2. **Stage 2: Filter by Cycle**. Now, working only on the subset of the trace related to the LOAD instruction, the prover iterates through the cycles. The term $\text{eq}(w_L, x_L) = \text{eq}((1,0), x_L)$ will be 1 only when $x_L$ is `(1,0)` (Cycle 2).
The inner sum therefore collapses to a single term:
\begin{align*}
\text{InnerSum} &= 1 \cdot p(\text{cycle } (1,0), \text{opcode } (1,0)) \\
&= p(1,0,1,0)
\end{align*}
Assuming a correct trace, we know $p(1,0,1,0) = 42$.
3. **Final Combination**. The final result is the single non-zero contribution from the outer loop, which is $1 \cdot \text{InnerSum} = 42$.
**Remark**
Both methods yield the same answer. However, the optimized "divide and conquer" strategy transforms a huge memory problem into a highly efficient, targeted lookup. By splitting the variables and processing the sum as a nested filter, the prover can navigate an exponentially large domain using only polynomially-sized resources.
:::
## Summary
This document outlined two primary optimizations for the sumcheck prover that deliver significant performance improvements.
1. **Small-Value Optimization**: By using a hybrid strategy with a Lagrange-based precomputation phase for the first $\ell_0$ rounds, we replace a large number of expensive `ll` multiplications with cheaper `ss` and `sl` ones. This yields both asymptotic and practical speedups.

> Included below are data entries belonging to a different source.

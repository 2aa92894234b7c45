//! What an order says.
ghost use Rattle.std.specs.Prelude.{◌≡◌, ◌↔◌, IfOk, IsTrue};

use pb_base::{CodeList, Day, Memory};
use std::alloc::Global;

/// What an order says: the book that it names, the production day, and the codes that the customer chose, in their sequence.
#[derive(Drop)]
pub struct OrderWords {
    /// The number of the book, counted from 1.
    pub book: u32,
    pub day: Day,
    pub codes: CodeList,
}

impl OrderWords {
    /// A further order that says the same.
    pub fn copy(&self, alloc: Global) -> Result<OrderWords, Memory>
        ensures { IfOk result (λ order. order ≡ self.now) }
    {
        Ok(OrderWords {
            book: self.book,
            day: self.day,
            codes: self.codes.copy(alloc)?,
        })
    }
}

/// Whether two orders say the same: the same book, the same day, and the same codes in the same sequence.
pub fn equal_orders(a: &OrderWords, b: &OrderWords) -> bool
    ensures { IsTrue result ↔ (a.now ≡ b.now) }
{
    a.book == b.book && a.day == b.day && same_codes(&a.codes, &b.codes)
}

fn same_codes(a: &CodeList, b: &CodeList) -> bool
    ensures { IsTrue result ↔ (a.now ≡ b.now) }
{
    a.as_slice() == b.as_slice()
}
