//! The lines that tell of a fault.
ghost use Rattle.std.specs.Prelude.{◌≡◌, ◌++◌, OnOk};
ghost use Rattle.desk_words.specs.FaultText.{which_text, kind_detail, book_fault_text, order_place, order_fault_text, limit_text, limit_fault_text};

use book_model::LimitFault;
use book_text::{BookFault, BookKind, Which};
use parts_usage::OrderFault;
use pb_base::{Memory, Text, put_number, put_optional};
use rule_text::put_rule_fault;

/// Puts the line `book fault ROW KIND`, with what the kind has to add.
pub fn put_book_fault(text: &mut Text, fault: &BookFault) -> Result<(), Memory>
    ensures { OnOk result (text.new ≡ text.old ++ book_fault_text fault.now) }
{
    text.put(b"book fault")?;
    put_number(text, u64::from(fault.row))?;
    put_number(text, u64::from(fault.kind.number()))?;
    put_kind_detail(text, &fault.kind)?;
    text.put(b"\n")
}

fn put_kind_detail(text: &mut Text, kind: &BookKind) -> Result<(), Memory>
    ensures { OnOk result (text.new ≡ text.old ++ kind_detail kind.now) }
{
    match kind {
        BookKind::BadRule(fault) => put_rule_fault(text, fault),
        BookKind::Limit(which) => text.put(which_text(which)),
        _ => Ok(()),
    }
}

fn which_text(which: &Which) -> &'static [u8]
    ensures { result.now ≡ which_text which.now }
{
    match which {
        Which::Codes => b" codes",
        Which::Supplements => b" supplements",
        Which::Constructs => b" constructs",
        Which::Modules => b" modules",
        Which::Positions => b" positions",
        Which::Variants => b" variants",
        Which::Choices => b" choices",
        Which::Groups => b" groups",
    }
}

/// Puts the line `order fault KIND`, with the place of the code at fault, counted from 1.
pub fn put_order_fault(text: &mut Text, fault: &OrderFault) -> Result<(), Memory>
    ensures { OnOk result (text.new ≡ text.old ++ order_fault_text fault.now) }
{
    text.put(b"order fault")?;
    put_number(text, u64::from(fault.number()))?;
    put_optional(text, order_place(fault))?;
    text.put(b"\n")?;
    Ok(())
}

fn order_place(fault: &OrderFault) -> Option<u64>
    ensures { result ≡ order_place fault.now }
{
    match fault {
        OrderFault::DayOutsideTerm => None,
        OrderFault::UnknownCode(place) => Some(*place),
        OrderFault::RepeatedCode(place) => Some(*place),
    }
}

/// Puts the line of a limit that checking a book exceeds.
pub fn put_limit_fault(text: &mut Text, fault: &LimitFault) -> Result<(), Memory>
    ensures { OnOk result (text.new ≡ text.old ++ limit_fault_text fault.now) }
{
    put_limit(text, fault)?;
    text.put(b"\n")
}

/// Puts `limit slices COUNT` or `limit questions SLICE COUNT`, without the end of a line.
pub fn put_limit(text: &mut Text, fault: &LimitFault) -> Result<(), Memory>
    ensures { OnOk result (text.new ≡ text.old ++ limit_text fault.now) }
{
    match fault {
        LimitFault::Slices(count) => put_slices(text, u64::from(*count)),
        LimitFault::Questions { slice, count } => put_questions(text, u64::from(*slice), *count),
    }
}

fn put_slices(text: &mut Text, count: u64) -> Result<(), Memory>
    ensures { OnOk result (text.new ≡ text.old ++ limit_text (LimitFault.Slices count)) }
{
    text.put(b"limit slices")?;
    put_number(text, count)?;
    Ok(())
}

fn put_questions(text: &mut Text, slice: u64, count: u64) -> Result<(), Memory>
    ensures { OnOk result (text.new ≡ text.old ++ limit_text (LimitFault.Questions slice count)) }
{
    text.put(b"limit questions")?;
    put_number(text, slice)?;
    put_number(text, count)?;
    Ok(())
}
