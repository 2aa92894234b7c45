//! What a solver answers.

use clause_pool::{Pool, Ref};
use pb_base::CodeSet;

/// The answer to a question.
#[derive(Drop)]
pub enum Answer {
    /// A set of codes that begins an assignment which satisfies the given clauses with each assumption true.
    Set(CodeSet),
    /// The place of a clause of the kernel that has no literal but complements of assumptions: those whose complements it
    /// has can't hold together, whatever the others are.
    Closed(Ref),
    /// The clauses that were learnt up to the budget, each of them new. The question is undecided.
    Spent(Pool),
}
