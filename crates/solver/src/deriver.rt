//! What derives further clauses in a solver's kernel.
ghost use Rattle.chains.specs.Growth.{Grows};

use clause_pool::Kernel;
use pb_base::Memory;
use propagate::Engine;

/// Derives clauses in a kernel, by what the trail of an engine tells over the first clauses of it.
pub trait Deriver {
    /// The kernel may only grow.
    fn derive(&mut self, kernel: &mut Kernel, engine: &Engine) -> Result<(), Memory>
        ensures { Grows kernel.old kernel.new };
}
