//! What the desk is asked for.

use crate::order_words::OrderWords;
use pb_base::{Body, Id};

/// What one caller asks of the desk.
#[derive(Drop)]
pub struct Call {
    pub caller: Id,
    pub what: What,
}

/// What can be asked. Books and orders go by number, drafts by name; a revision counts how often a draft was put, from 1.
#[derive(Drop)]
pub enum What {
    /// Keeps a text as a new draft, or in place of the caller's draft of this name.
    PutDraft {
        draft: Id,
        text: Body,
    },
    /// Hands the caller's draft over to another owner.
    GiveDraft {
        draft: Id,
        to: Id,
    },
    ReadDraft {
        draft: Id,
    },
    ReadOwner {
        draft: Id,
    },
    /// Asks the draft every question, each with at most `budget` learnt clauses, from 1 to 50,000.
    Check {
        draft: Id,
        budget: u32,
    },
    /// Makes a book of the caller's draft, where this is its revision and its text can be released.
    Release {
        draft: Id,
        revision: u32,
        budget: u32,
    },
    ReadBook {
        book: u32,
    },
    ReadCert {
        book: u32,
    },
    /// Takes the book out of force for new orders.
    Withdraw {
        book: u32,
    },
    /// Places an order under a number of the caller's own, from 1 to 999,999,999.
    Order {
        number: u32,
        order: OrderWords,
    },
    ReadOrder {
        number: u32,
    },
    /// Lists the released books, by their numbers.
    ReadBooks,
    /// Lists the caller's orders above a number, by their numbers; at most 1,000.
    ReadOrders {
        after: u32,
    },
    /// Asks what can still be chosen beside the codes of an order to a book in force, each search with at most `budget` learnt
    /// clauses, from 1 to 50,000. Nothing is kept.
    Free {
        order: OrderWords,
        budget: u32,
    },
    /// Asks what an order to a book in force comes to, and how it would be accepted. Else as `Free`.
    Why {
        order: OrderWords,
        budget: u32,
    },
}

2. **Equality Polynomial Optimization**: By splitting the summation domain and factoring the `eq` polynomial, we reduce the prover's memory from $O(N)$ to $O(\sqrt{N})$ and save a substantial number of field multiplications.
When combined, these techniques make sumcheck-based systems like Jolt significantly faster and more memory-efficient, reducing the prover runtime by factors of 2-3x in typical scenarios and over 20x in memory-constrained settings.